# AIM OF THE TASK:
Copy, word for word, each line of the data below from the first through the line containing "it from one.", and stop there.

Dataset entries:
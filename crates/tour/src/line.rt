//! What a line of the description says.

use host::Fault;
use image::Position;
use resolve::{PathRow, Resolved};
use rows::Access;
use site::{Operator, SiteValue};

/// An expression as it is written. The operands of an operator are the codes of earlier expressions.
#[derive(Clone, Copy)]
pub enum Expression<'a> {
    Value(SiteValue),
    Variable(&'a str),
    Binary(usize, Operator, usize),
}

/// A line that reads well.
#[derive(Clone, Copy)]
pub enum Line<'a> {
    Name(&'a str, Access, SiteValue),
    Expression(Expression<'a>),
    Module(PathRow),
    Evaluate(u16),
    Resolve(u32),
}

fn read_value(word: &str) -> Option<SiteValue> {
    match word {
        "unit" => Some(SiteValue::Unit),
        "true" => Some(SiteValue::Truth(true)),
        "false" => Some(SiteValue::Truth(false)),
        _ => word.parse::<i64>().ok().map(SiteValue::Number),
    }
}

/// A name begins with a letter and is no value, since an expression could not tell it from one.
fn read_name(word: &str) -> Option<&str> {
    let first = word.bytes().next()?;
    (first.is_ascii_alphabetic() && read_value(word).is_none()).then_some(word)
}

fn read_operator(word: &str) -> Option<Operator> {
    match word {
        "+" => Some(Operator::Add),
        "-" => Some(Operator::Subtract),
        "<" => Some(Operator::Less),
        "=" => Some(Operator::Equal),
        ".." => Some(Operator::Range),
        _ => None,
    }
}

/// The fault of a broken path: the description has no position for it, and a rule may catch it.
fn broken(code: u16) -> Resolved {
    Err(Fault {
        code,
        at: Position::NONE,
        catchable: true,
    })
}

fn read_operand<'a>(word: &'a str) -> Option<Expression<'a>> {
    match read_value(word) {
        Some(value) => Some(Expression::Value(value)),
        None => read_name(word).map(Expression::Variable),
    }
}

fn read_binary<'a>(left: &str, operator: &str, right: &str) -> Option<Expression<'a>> {
    Some(Expression::Binary(
        left.parse::<usize>().ok()?,
        read_operator(operator)?,
        right.parse::<usize>().ok()?,
    ))
}

fn read_module<'a>(path: &str, answer: Resolved) -> Option<Line<'a>> {
    let path = path.parse::<u32>().ok()?;
    Some(Line::Module(PathRow { path, answer }))
}

/// The line of these words; none where they make none.
pub fn read_line<'a>(words: &[&'a str]) -> Option<Line<'a>> {
    match words {
        ["name", name, "=", value] => Some(Line::Name(
            read_name(name)?,
            Access::ReadWrite,
            read_value(value)?,
        )),
        ["name", "const", name, "=", value] => Some(Line::Name(
            read_name(name)?,
            Access::Constant,
            read_value(value)?,
        )),
        ["expression", word] => Some(Line::Expression(read_operand(word)?)),
        ["expression", left, operator, right] => {
            Some(Line::Expression(read_binary(left, operator, right)?))
        }
        ["module", path, "=", "none"] => read_module(path, Ok(None)),
        ["module", path, "=", module] => {
            read_module(path, Ok(Some(module.parse::<u32>().ok()?)))
        }
        ["module", path, "=", "fault", code] => {
            read_module(path, broken(code.parse::<u16>().ok()?))
        }
        ["evaluate", code] => Some(Line::Evaluate(code.parse::<u16>().ok()?)),
        ["resolve", path] => Some(Line::Resolve(path.parse::<u32>().ok()?)),
        _ => None,
    }
}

# EXERCISE OUTPUT:
filename crates/tour/src/line.rt
//! What a line of the description says.

use host::Fault;
use image::Position;
use resolve::{PathRow, Resolved};
use rows::Access;
use site::{Operator, SiteValue};

/// An expression as it is written. The operands of an operator are the codes of earlier expressions.
#[derive(Clone, Copy)]
pub enum Expression<'a> {
    Value(SiteValue),
    Variable(&'a str),
    Binary(usize, Operator, usize),
}

/// A line that reads well.
#[derive(Clone, Copy)]
pub enum Line<'a> {
    Name(&'a str, Access, SiteValue),
    Expression(Expression<'a>),
    Module(PathRow),
    Evaluate(u16),
    Resolve(u32),
}

fn read_value(word: &str) -> Option<SiteValue> {
    match word {
        "unit" => Some(SiteValue::Unit),
        "true" => Some(SiteValue::Truth(true)),
        "false" => Some(SiteValue::Truth(false)),
        _ => word.parse::<i64>().ok().map(SiteValue::Number),
    }
}

/// A name begins with a letter and is no value, since an expression could not tell it from one.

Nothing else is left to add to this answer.